GIVEN ENTRIES
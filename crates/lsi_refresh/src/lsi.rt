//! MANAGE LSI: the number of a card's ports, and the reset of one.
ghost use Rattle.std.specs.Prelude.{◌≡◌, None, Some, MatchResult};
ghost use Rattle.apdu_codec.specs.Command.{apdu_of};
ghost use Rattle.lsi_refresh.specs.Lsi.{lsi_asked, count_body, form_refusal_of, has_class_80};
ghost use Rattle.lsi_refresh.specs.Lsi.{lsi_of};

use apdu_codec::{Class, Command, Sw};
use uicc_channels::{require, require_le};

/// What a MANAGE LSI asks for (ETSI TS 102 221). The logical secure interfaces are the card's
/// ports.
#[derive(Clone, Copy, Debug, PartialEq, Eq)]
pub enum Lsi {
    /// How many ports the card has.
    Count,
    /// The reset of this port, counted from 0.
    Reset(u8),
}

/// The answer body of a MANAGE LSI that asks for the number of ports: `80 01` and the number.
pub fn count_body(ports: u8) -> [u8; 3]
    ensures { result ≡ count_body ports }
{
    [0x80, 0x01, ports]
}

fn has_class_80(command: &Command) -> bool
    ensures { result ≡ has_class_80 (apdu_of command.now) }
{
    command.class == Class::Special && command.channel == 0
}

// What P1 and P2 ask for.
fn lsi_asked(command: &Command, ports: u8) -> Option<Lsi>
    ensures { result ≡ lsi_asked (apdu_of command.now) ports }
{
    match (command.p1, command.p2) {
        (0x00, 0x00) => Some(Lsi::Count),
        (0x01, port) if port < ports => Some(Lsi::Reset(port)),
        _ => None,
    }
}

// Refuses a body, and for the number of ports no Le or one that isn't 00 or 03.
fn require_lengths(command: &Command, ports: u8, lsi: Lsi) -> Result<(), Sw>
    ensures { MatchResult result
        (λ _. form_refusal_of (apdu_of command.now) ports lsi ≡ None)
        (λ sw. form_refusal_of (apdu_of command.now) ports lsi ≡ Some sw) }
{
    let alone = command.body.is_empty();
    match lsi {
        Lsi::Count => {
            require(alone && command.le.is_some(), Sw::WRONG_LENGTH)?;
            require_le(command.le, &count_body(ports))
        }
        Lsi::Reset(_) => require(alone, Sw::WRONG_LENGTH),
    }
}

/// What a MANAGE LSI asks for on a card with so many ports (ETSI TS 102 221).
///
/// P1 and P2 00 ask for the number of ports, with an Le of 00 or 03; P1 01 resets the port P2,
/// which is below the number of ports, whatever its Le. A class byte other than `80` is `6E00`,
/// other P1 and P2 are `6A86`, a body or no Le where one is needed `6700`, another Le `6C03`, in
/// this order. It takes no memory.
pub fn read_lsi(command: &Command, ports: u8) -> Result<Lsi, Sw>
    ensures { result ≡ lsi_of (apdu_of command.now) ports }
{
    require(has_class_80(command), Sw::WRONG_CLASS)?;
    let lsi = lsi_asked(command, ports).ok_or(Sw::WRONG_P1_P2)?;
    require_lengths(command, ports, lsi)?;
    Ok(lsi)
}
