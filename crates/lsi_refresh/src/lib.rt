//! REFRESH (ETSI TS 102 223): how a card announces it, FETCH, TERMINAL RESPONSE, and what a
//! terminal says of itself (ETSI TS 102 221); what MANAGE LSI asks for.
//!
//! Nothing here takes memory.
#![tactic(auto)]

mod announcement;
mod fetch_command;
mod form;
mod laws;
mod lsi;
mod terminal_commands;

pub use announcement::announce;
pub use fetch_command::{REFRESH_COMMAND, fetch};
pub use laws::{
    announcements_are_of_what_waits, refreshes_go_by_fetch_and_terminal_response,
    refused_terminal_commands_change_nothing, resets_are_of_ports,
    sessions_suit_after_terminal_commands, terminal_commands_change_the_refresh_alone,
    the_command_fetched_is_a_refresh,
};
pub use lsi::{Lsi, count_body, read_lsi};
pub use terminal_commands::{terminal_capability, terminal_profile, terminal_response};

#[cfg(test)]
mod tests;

WORK TO COMPLETE
Output the material verbatim, including every line.

EXERCISE OUTPUT
filename crates/lsi_refresh/src/lsi.rt
//! MANAGE LSI: the number of a card's ports, and the reset of one.
ghost use Rattle.std.specs.Prelude.{◌≡◌, None, Some, MatchResult};
ghost use Rattle.apdu_codec.specs.Command.{apdu_of};
ghost use Rattle.lsi_refresh.specs.Lsi.{lsi_asked, count_body, form_refusal_of, has_class_80};
ghost use Rattle.lsi_refresh.specs.Lsi.{lsi_of};

use apdu_codec::{Class, Command, Sw};
use uicc_channels::{require, require_le};

/// What a MANAGE LSI asks for (ETSI TS 102 221). The logical secure interfaces are the card's
/// ports.
#[derive(Clone, Copy, Debug, PartialEq, Eq)]
pub enum Lsi {
    /// How many ports the card has.
    Count,
    /// The reset of this port, counted from 0.
    Reset(u8),
}

/// The answer body of a MANAGE LSI that asks for the number of ports: `80 01` and the number.
pub fn count_body(ports: u8) -> [u8; 3]
    ensures { result ≡ count_body ports }
{
    [0x80, 0x01, ports]
}

fn has_class_80(command: &Command) -> bool
    ensures { result ≡ has_class_80 (apdu_of command.now) }
{
    command.class == Class::Special && command.channel == 0
}

// What P1 and P2 ask for.
fn lsi_asked(command: &Command, ports: u8) -> Option<Lsi>
    ensures { result ≡ lsi_asked (apdu_of command.now) ports }
{
    match (command.p1, command.p2) {
        (0x00, 0x00) => Some(Lsi::Count),
        (0x01, port) if port < ports => Some(Lsi::Reset(port)),
        _ => None,
    }
}

// Refuses a body, and for the number of ports no Le or one that isn't 00 or 03.
fn require_lengths(command: &Command, ports: u8, lsi: Lsi) -> Result<(), Sw>
    ensures { MatchResult result
        (λ _. form_refusal_of (apdu_of command.now) ports lsi ≡ None)
        (λ sw. form_refusal_of (apdu_of command.now) ports lsi ≡ Some sw) }
{
    let alone = command.body.is_empty();
    match lsi {
        Lsi::Count => {
            require(alone && command.le.is_some(), Sw::WRONG_LENGTH)?;
            require_le(command.le, &count_body(ports))
        }
        Lsi::Reset(_) => require(alone, Sw::WRONG_LENGTH),
    }
}

/// What a MANAGE LSI asks for on a card with so many ports (ETSI TS 102 221).
///
/// P1 and P2 00 ask for the number of ports, with an Le of 00 or 03; P1 01 resets the port P2,
/// which is below the number of ports, whatever its Le. A class byte other than `80` is `6E00`,
/// other P1 and P2 are `6A86`, a body or no Le where one is needed `6700`, another Le `6C03`, in
/// this order. It takes no memory.
pub fn read_lsi(command: &Command, ports: u8) -> Result<Lsi, Sw>
    ensures { result ≡ lsi_of (apdu_of command.now) ports }
{
    require(has_class_80(command), Sw::WRONG_CLASS)?;
    let lsi = lsi_asked(command, ports).ok_or(Sw::WRONG_P1_P2)?;
    require_lengths(command, ports, lsi)?;
    Ok(lsi)
}
filename crates/lsi_refresh/src/lib.rt
//! REFRESH (ETSI TS 102 223): how a card announces it, FETCH, TERMINAL RESPONSE, and what a
//! terminal says of itself (ETSI TS 102 221); what MANAGE LSI asks for.
//!
//! Nothing here takes memory.
#![tactic(auto)]

mod announcement;
mod fetch_command;
mod form;
mod laws;
mod lsi;
mod terminal_commands;

pub use announcement::announce;
pub use fetch_command::{REFRESH_COMMAND, fetch};
pub use laws::{
    announcements_are_of_what_waits, refreshes_go_by_fetch_and_terminal_response,
    refused_terminal_commands_change_nothing, resets_are_of_ports,
    sessions_suit_after_terminal_commands, terminal_commands_change_the_refresh_alone,
    the_command_fetched_is_a_refresh,
};
pub use lsi::{Lsi, count_body, read_lsi};
pub use terminal_commands::{terminal_capability, terminal_profile, terminal_response};

#[cfg(test)]
mod tests;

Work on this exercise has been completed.